Saved data entries:
———

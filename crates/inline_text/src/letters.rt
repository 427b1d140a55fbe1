//! The next byte of a set, or two letters that a literal may begin with (GFM 6.9).
//!
//!     letters ::= 'ww' | 'ht', in either case
ghost use Rattle.std.specs.Prelude.{◌≡◌, ◌+◌, ◌<◌, ◌≤◌, true, length};
ghost use Rattle.text_search.specs.Sets.{ends, first_set};
ghost use Rattle.inline_text.specs.Letters.{are_letters, end_before, is_extra_or_letters, IsLetterRun, IsStop, IsRun, IsRunFrom};

use std::simd::prelude::*;
use text_search::{ByteSet, ByteTest};

/// How many places are looked at together.
const LANES: usize = 16;

/// How many of the first and of the last places are looked at together where there are fewer.
const END_SIZE: usize = 8;

/// The bit in which the cases of a letter differ.
const CASE_BIT: u8 = 32;

/// The bytes at which a search stops.
#[derive(Clone, Copy)]
pub(crate) struct StopBytes {
    /// The bytes of a set.
    pub(crate) set: ByteSet,
    /// One more byte at which it stops where literals are on.
    pub(crate) extra: u8,
}

/// How many bytes come before the first of these bytes, or before the first two letters: all of
/// them, where none does.
#[inline(always)]
pub(crate) fn next_of_or_letters(bytes: &[u8], stops: StopBytes) -> usize
    ensures { IsStop true stops bytes.now result }
{
    if bytes.len() <= LANES {
        return next_in_few(bytes, stops);
    }
    let last = bytes.len() - 1 - LANES;
    let mut at = 0;
    'by_block: while at < last {
        let run = run_in(bytes, at, stops);
        if run < LANES {
            return at + run;
        }
        at += LANES;
    }
    let run = run_in(bytes, last, stops);
    if run < LANES {
        return last + run;
    }
    end_before(bytes, stops)
}

/// The same in few bytes: the first 8 places and the last 8 but one are looked at together, fewer
/// one by one.
#[inline(always)]
fn next_in_few(bytes: &[u8], stops: StopBytes) -> usize
    requires { length bytes.now ≤ LANES }
    ensures { IsStop true stops bytes.now result }
{
    if bytes.len() <= END_SIZE {
        return next_one_by_one(bytes, stops);
    }
    let run = lanes_before(ends(&bytes[..bytes.len() - 1]), ends(&bytes[1..]), stops);
    if run < END_SIZE {
        return run;
    }
    if run < LANES {
        return bytes.len() - 1 + run - LANES;
    }
    end_before(bytes, stops)
}

/// The same, one byte after another.
fn next_one_by_one(bytes: &[u8], stops: StopBytes) -> usize
    ensures { IsStop true stops bytes.now result }
{
    if bytes.is_empty() {
        return 0;
    }
    let last = bytes.len() - 1;
    let mut at = 0;
    while at < last {
        if stops.set.passes(bytes[at])
            || is_extra_or_letters(stops.extra, bytes[at], bytes[at + 1])
        {
            return at;
        }
        at += 1;
    }
    end_before(bytes, stops)
}

/// Where bytes end, or their last byte stands, if a search stops at it: no two letters begin there.
fn end_before(bytes: &[u8], stops: StopBytes) -> usize
    requires { 0 < length bytes.now }
    ensures { result ≡ end_before stops bytes.now }
{
    let last = bytes.len() - 1;
    if stops.set.passes(bytes[last]) || bytes[last] == stops.extra {
        last
    } else {
        bytes.len()
    }
}

/// How many of the 16 places from one on come before the first at which one of these bytes stands,
/// or two letters.
#[inline(always)]
fn run_in(bytes: &[u8], at: usize, stops: StopBytes) -> usize
    requires { at + LANES < length bytes.now }
    ensures { IsRunFrom stops bytes.now at result }
{
    let here = u8x16::from_slice(&bytes[at..]);
    let next = u8x16::from_slice(&bytes[at + 1..]);
    lanes_before(here, next, stops)
}

/// The same of 16 bytes and of those that follow each of them.
#[inline(always)]
fn lanes_before(here: u8x16, next: u8x16, stops: StopBytes) -> usize
    ensures { IsRun stops here next result }
{
    let stop = stops.set.lanes_before(here);
    let letters = letters_before(here, next, stops.extra);
    if letters < stop { letters } else { stop }
}

/// How many of 16 bytes come before the first that is one byte, or the first of two letters.
#[inline(always)]
fn letters_before(here: u8x16, next: u8x16, extra: u8) -> usize
    ensures { IsLetterRun extra here next result }
{
    let first = here | u8x16::splat(CASE_BIT);
    let second = next | u8x16::splat(CASE_BIT);
    let www = first.simd_eq(u8x16::splat(b'w')) & second.simd_eq(u8x16::splat(b'w'));
    let protocol = first.simd_eq(u8x16::splat(b'h')) & second.simd_eq(u8x16::splat(b't'));
    let single = here.simd_eq(u8x16::splat(extra));
    first_lane((single | (www | protocol)).to_bitmask())
}

/// The place of the first of 16 bits that is set, or 16.
fn first_lane(mask: u64) -> usize
    ensures { result ≡ first_set mask 16 }
{
    if mask == 0 {
        LANES
    } else {
        mask.trailing_zeros() as usize
    }
}

/// Whether the first of two bytes is a given one, or a literal may begin with the two.
pub(crate) fn is_extra_or_letters(extra: u8, first: u8, second: u8) -> bool
    ensures { result ≡ is_extra_or_letters extra first second }
{
    first == extra || are_letters(first, second)
}

/// Whether a literal may begin with two bytes.
fn are_letters(first: u8, second: u8) -> bool
    ensures { result ≡ are_letters first second }
{
    match first.to_ascii_lowercase() {
        b'w' => second.to_ascii_lowercase() == b'w',
        b'h' => second.to_ascii_lowercase() == b't',
        _ => false,
    }
}

/// The first 8 and the last 8 of some bytes, one after another.
fn ends(bytes: &[u8]) -> u8x16
    requires { END_SIZE ≤ length bytes.now }
    ensures { result ≡ ends bytes.now }
{
    let first = u8x8::from_slice(bytes);
    let last = u8x8::from_slice(&bytes[bytes.len() - END_SIZE..]);
    first.shuffle(last, [0, 1, 2, 3, 4, 5, 6, 7, 8, 9, 10, 11, 12, 13, 14, 15])
}
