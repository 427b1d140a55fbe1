//! What the blocks of a text are.
#![tactic(auto)]
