//! The lines of a text, with the prefixes of containers, and contents among them.
#![tactic(auto)]

pub mod content;
pub mod cut;
pub mod prefix;
pub mod walk;

pub use walk::Walk;
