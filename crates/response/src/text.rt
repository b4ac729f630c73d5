ghost use Rattle.std.specs.Prelude.{◌≤◌};

mod writing;

// A line that is being written, of at most 256 bytes. Not an `ArrayVec`, whose `clear` writes over each byte that it holds,
// where this one forgets them at once.
#[derive(Drop)]
pub struct Text {
    bytes: [u8; 256],
    len: usize,
    pub ghost room: { len ≤ 256 },
}
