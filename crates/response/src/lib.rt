#![tactic(auto)]

mod fields;
mod response;
mod text;

pub use response::Response;
pub use text::Text;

———

Would you return each entry exactly as it reads?

filename crates/inline_text/src/letters.rt
repository 427b1d140a55fbe1
//! The next byte of a set, or two letters that a literal may begin with (GFM 6.9).
//!
//!     letters ::= 'ww' | 'ht', in either case
ghost use Rattle.std.specs.Prelude.{◌≡◌, ◌+◌, ◌<◌, ◌≤◌, true, length};
ghost use Rattle.text_search.specs.Sets.{ends, first_set};
ghost use Rattle.inline_text.specs.Letters.{are_letters, end_before, is_extra_or_letters, IsLetterRun, IsStop, IsRun, IsRunFrom};

use std::simd::prelude::*;
use text_search::{ByteSet, ByteTest};

/// How many places are looked at together.
const LANES: usize = 16;

/// How many of the first and of the last places are looked at together where there are fewer.
const END_SIZE: usize = 8;

/// The bit in which the cases of a letter differ.
const CASE_BIT: u8 = 32;

/// The bytes at which a search stops.
#[derive(Clone, Copy)]
pub(crate) struct StopBytes {
    /// The bytes of a set.
    pub(crate) set: ByteSet,
    /// One more byte at which it stops where literals are on.
    pub(crate) extra: u8,
}

/// How many bytes come before the first of these bytes, or before the first two letters: all of
/// them, where none does.
#[inline(always)]
pub(crate) fn next_of_or_letters(bytes: &[u8], stops: StopBytes) -> usize
    ensures { IsStop true stops bytes.now result }
{
    if bytes.len() <= LANES {
        return next_in_few(bytes, stops);
    }
    let last = bytes.len() - 1 - LANES;
    let mut at = 0;
    'by_block: while at < last {
        let run = run_in(bytes, at, stops);
        if run < LANES {
            return at + run;
        }
        at += LANES;
    }
    let run = run_in(bytes, last, stops);
    if run < LANES {
        return last + run;
    }
    end_before(bytes, stops)
}

/// The same in few bytes: the first 8 places and the last 8 but one are looked at together, fewer
/// one by one.
#[inline(always)]
fn next_in_few(bytes: &[u8], stops: StopBytes) -> usize
    requires { length bytes.now ≤ LANES }
    ensures { IsStop true stops bytes.now result }
{
    if bytes.len() <= END_SIZE {
        return next_one_by_one(bytes, stops);
    }
    let run = lanes_before(ends(&bytes[..bytes.len() - 1]), ends(&bytes[1..]), stops);
    if run < END_SIZE {
        return run;
    }
    if run < LANES {
        return bytes.len() - 1 + run - LANES;
    }
    end_before(bytes, stops)
}

/// The same, one byte after another.
fn next_one_by_one(bytes: &[u8], stops: StopBytes) -> usize
    ensures { IsStop true stops bytes.now result }
{
    if bytes.is_empty() {
        return 0;
    }
    let last = bytes.len() - 1;
    let mut at = 0;
    while at < last {
        if stops.set.passes(bytes[at])
            || is_extra_or_letters(stops.extra, bytes[at], bytes[at + 1])
        {
            return at;
        }
        at += 1;
    }
    end_before(bytes, stops)
}

/// Where bytes end, or their last byte stands, if a search stops at it: no two letters begin there.
fn end_before(bytes: &[u8], stops: StopBytes) -> usize
    requires { 0 < length bytes.now }
    ensures { result ≡ end_before stops bytes.now }
{
    let last = bytes.len() - 1;
    if stops.set.passes(bytes[last]) || bytes[last] == stops.extra {
        last
    } else {
        bytes.len()
    }
}

/// How many of the 16 places from one on come before the first at which one of these bytes stands,
/// or two letters.
#[inline(always)]
fn run_in(bytes: &[u8], at: usize, stops: StopBytes) -> usize
    requires { at + LANES < length bytes.now }
    ensures { IsRunFrom stops bytes.now at result }
{
    let here = u8x16::from_slice(&bytes[at..]);
    let next = u8x16::from_slice(&bytes[at + 1..]);
    lanes_before(here, next, stops)
}

/// The same of 16 bytes and of those that follow each of them.
#[inline(always)]
fn lanes_before(here: u8x16, next: u8x16, stops: StopBytes) -> usize
    ensures { IsRun stops here next result }
{
    let stop = stops.set.lanes_before(here);
    let letters = letters_before(here, next, stops.extra);
    if letters < stop { letters } else { stop }
}

/// How many of 16 bytes come before the first that is one byte, or the first of two letters.
#[inline(always)]
fn letters_before(here: u8x16, next: u8x16, extra: u8) -> usize
    ensures { IsLetterRun extra here next result }
{
    let first = here | u8x16::splat(CASE_BIT);
    let second = next | u8x16::splat(CASE_BIT);
    let www = first.simd_eq(u8x16::splat(b'w')) & second.simd_eq(u8x16::splat(b'w'));
    let protocol = first.simd_eq(u8x16::splat(b'h')) & second.simd_eq(u8x16::splat(b't'));
    let single = here.simd_eq(u8x16::splat(extra));
    first_lane((single | (www | protocol)).to_bitmask())
}

/// The place of the first of 16 bits that is set, or 16.
fn first_lane(mask: u64) -> usize
    ensures { result ≡ first_set mask 16 }
{
    if mask == 0 {
        LANES
    } else {
        mask.trailing_zeros() as usize
    }
}

/// Whether the first of two bytes is a given one, or a literal may begin with the two.
pub(crate) fn is_extra_or_letters(extra: u8, first: u8, second: u8) -> bool
    ensures { result ≡ is_extra_or_letters extra first second }
{
    first == extra || are_letters(first, second)
}

/// Whether a literal may begin with two bytes.
fn are_letters(first: u8, second: u8) -> bool
    ensures { result ≡ are_letters first second }
{
    match first.to_ascii_lowercase() {
        b'w' => second.to_ascii_lowercase() == b'w',
        b'h' => second.to_ascii_lowercase() == b't',
        _ => false,
    }
}

/// The first 8 and the last 8 of some bytes, one after another.
fn ends(bytes: &[u8]) -> u8x16
    requires { END_SIZE ≤ length bytes.now }
    ensures { result ≡ ends bytes.now }
{
    let first = u8x8::from_slice(bytes);
    let last = u8x8::from_slice(&bytes[bytes.len() - END_SIZE..]);
    first.shuffle(last, [0, 1, 2, 3, 4, 5, 6, 7, 8, 9, 10, 11, 12, 13, 14, 15])
}
repository 427b1d140a55fbe1
//! What the blocks of a text are.
#![tactic(auto)]
//! The lines of a text, with the prefixes of containers, and contents among them.
#![tactic(auto)]

pub mod content;
pub mod cut;
pub mod prefix;
pub mod walk;

pub use walk::Walk;
filename crates/response/src/text.rt
repository b4ac729f630c73d5
ghost use Rattle.std.specs.Prelude.{◌≤◌};

mod writing;

// A line that is being written, of at most 256 bytes. Not an `ArrayVec`, whose `clear` writes over each byte that it holds,
// where this one forgets them at once.
#[derive(Drop)]
pub struct Text {
    bytes: [u8; 256],
    len: usize,
    pub ghost room: { len ≤ 256 },
}
filename crates/response/src/lib.rt
#![tactic(auto)]

mod fields;
mod response;
mod text;

pub use response::Response;
pub use text::Text;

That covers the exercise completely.